Why the small model can’t do extraction
Token deployment is the category that pushed us hardest toward a bigger model. A single message can pack in a name, a symbol, a chain (and chains have a lot of aliases), team vesting amount and duration, fee structure, pool type, and a description. All of it has to be exactly right or the deploy is wrong, and a wrong deploy from a large-follower account kills trust. One of the key differentiators that Clanker offers is a high-trust and high-confidence system: if it deploys a token, you know 100% who deployed it and that it’s real.
Haiku struggled here specifically because token launches are often numbers-dense. People post a lot of information and the actual deploy instruction might be buried in the middle or at the end. They’ll cite numbers, give their reasoning for the deployment, and then launch the token. That context is useful and important: the social post itself gets embedded in the launch to increase trust. But it means the model has to be exceptional at extracting exactly the right values from a wall of words and numbers. The whole point is that people don’t have to think when they’re launching, they post how they would normally and we take it from there.
Sonnet, with a prompt scoped specifically to token deployment, gets this right far more often. The combinatorial space of options is just too large for a small model to track, and the cost of being wrong on a deploy is high enough that the extra spend on Sonnet isn’t a tradeoff worth making.
Why this shape works
The cheap classifier ends up handling the “should we respond at all” question separately from the “how should we respond” question. Those are different problems and they want different prompts. Trying to do both in one model gives you a bot that’s either too chatty (because the prompt is mostly about responding well) or too quiet (because you over-corrected).
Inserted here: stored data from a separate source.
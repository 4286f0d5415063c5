//! Objects: type, size, standing, and the contents of their scalars.
ghost use Rattle.std.specs.Prelude.{◌≡◌, ◌+◌, map, Some, IfSome, IfOk, OnOk};
ghost use Rattle.cs_values.specs.View.{cell_of};
ghost use Rattle.cs_meaning.specs.Memory as meaning;
ghost use Rattle.cs_objects.specs.BlockView.{block_of, fill_of, type_of, change_of, written_at};

use crate::initializers::Initializer;
use cs_ast::typed::expression::Expr;
use cs_inputs::Path;
use cs_model::Standing;
use cs_types::{CType, IntType};
use cs_values::Cell;
use std::alloc::{AllocError, Global};
use std::collections::BTreeMap;

/// The type of an object, or of the elements of a start or heap block.
#[derive(Clone, Copy)]
pub enum BlockType<'a> {
    Of(&'a CType),
    /// An integer type.
    Integer(IntType),
    /// An array of characters, with this length.
    Text(u64),
    /// No type.
    Void,
}

/// A piece of an initializer: a value, or the bytes of a text, with the offset at which it begins.
#[derive(Clone, Copy)]
pub enum Piece<'a> {
    Value(u64, &'a Expr),
    Text(u64, &'a [u8]),
}

/// The contents of an object's scalars that weren't written.
#[derive(Drop)]
pub enum Fill<'a> {
    Unset,
    Zero,
    Initial(Initializer<'a>),
    /// The inputs below a path.
    Input(Path),
}

/// An object.
#[derive(Drop)]
pub struct Block<'a> {
    pub ty: BlockType<'a>,
    /// The size in bytes.
    pub extent: u64,
    pub standing: Standing,
    pub fill: Fill<'a>,
    /// The cells that were written, by offset.
    pub written: BTreeMap<u64, Cell>,
}

/// A change of an object.
#[derive(Drop)]
pub enum Change<'a> {
    /// A scalar at an offset is written.
    Write(u64, Cell),
    /// All scalars get the contents of a fill.
    Refill(Fill<'a>),
    /// The standing changes: it is live, freed or ended.
    Stand(Standing),
}

impl<'a> Fill<'a> {
    /// Returns a copy of the fill.
    pub fn copy(&self) -> Result<Fill<'a>, AllocError>
        ensures { IfOk result (λ made. fill_of made ≡ fill_of self.now) }
    {
        match self {
            Fill::Unset => Ok(Fill::Unset),
            Fill::Zero => Ok(Fill::Zero),
            Fill::Initial(initializer) => {
                let initializer = initializer.copy()?;
                Ok(Fill::Initial(initializer))
            }
            Fill::Input(path) => {
                let path = path.copy()?;
                Ok(Fill::Input(path))
            }
        }
    }
}

impl<'a> Block<'a> {
    /// Returns a live object to which nothing was written.
    pub fn new(alloc: Global, ty: BlockType<'a>, extent: u64, fill: Fill<'a>) -> Block<'a>
        ensures { block_of result ≡ meaning.new_block (type_of ty.entry) extent
            (fill_of fill.entry) }
    {
        Block {
            ty,
            extent,
            standing: Standing::Live,
            fill,
            written: BTreeMap::new(alloc),
        }
    }

    /// Returns a copy of the object.
    pub fn copy(&self) -> Result<Block<'a>, AllocError>
        ensures { IfOk result (λ made. block_of made ≡ block_of self.now) }
    {
        let fill = self.fill.copy()?;
        let written = self.written.clone()?;
        Ok(Block {
            ty: self.ty,
            extent: self.extent,
            standing: self.standing,
            fill,
            written,
        })
    }

    /// Returns the cells written at offsets relative to `from`, in order; `None` unless all of them were written, and none between them.
    pub fn written_cells(
        &self,
        alloc: Global,
        from: u64,
        offsets: &[u64],
    ) -> Result<Option<Vec<Cell>>, AllocError>
        ensures { IfOk result (λ found. IfSome found (λ cells.
            map (λ offset. written_at self.now (from + offset)) offsets.now
            ≡ map (λ cell. Some (cell_of cell)) cells.items)) }
    {
        let mut cells = Vec::with_capacity(alloc, offsets.len())?;
        // Consecutive entries are found without a search for each.
        let mut entries = self.written.range(from..);
        for offset in offsets {
            let Some((at, cell)) = entries.next() else {
                return Ok(None);
            };
            if from.checked_add(*offset) != Some(*at) {
                return Ok(None);
            }
            cells.push(cell.copy()?)?;
        }
        Ok(Some(cells))
    }

    /// Changes the object.
    pub fn change(&mut self, change: Change<'a>) -> Result<(), AllocError>
        ensures { OnOk result (block_of self.new ≡ change_of change.entry (block_of self.old)) }
    {
        match change {
            Change::Write(offset, cell) => self.write(offset, cell),
            Change::Refill(fill) => {
                self.refill(fill);
                Ok(())
            }
            Change::Stand(standing) => {
                self.standing = standing;
                Ok(())
            }
        }
    }

    // Writes a scalar at an offset.
    fn write(&mut self, offset: u64, cell: Cell) -> Result<(), AllocError>
        ensures { OnOk result (block_of self.new
            ≡ meaning.write_cell offset (cell_of cell) (block_of self.old)) }
    {
        match self.written.insert(offset, cell) {
            Ok(_) => Ok(()),
            Err(_) => Err(AllocError),
        }
    }

    // Gives all scalars the contents of a fill.
    fn refill(&mut self, fill: Fill<'a>)
        ensures { block_of self.new ≡ meaning.refill (fill_of fill.entry) (block_of self.old) }
    {
        self.fill = fill;
        self.written.clear();
    }
}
Splitting them lets you tune each independently.
And the per-category prompts pull a lot of weight. Sonnet is plenty capable of handling the full surface area in one prompt, but the more options you stack into a system prompt, the more the model has to reason about what not to do. Narrowing the context narrows the failure modes - and leaves room for the bot to actually be a bot in the social feed, which is half of why anyone interacts with it in the first place.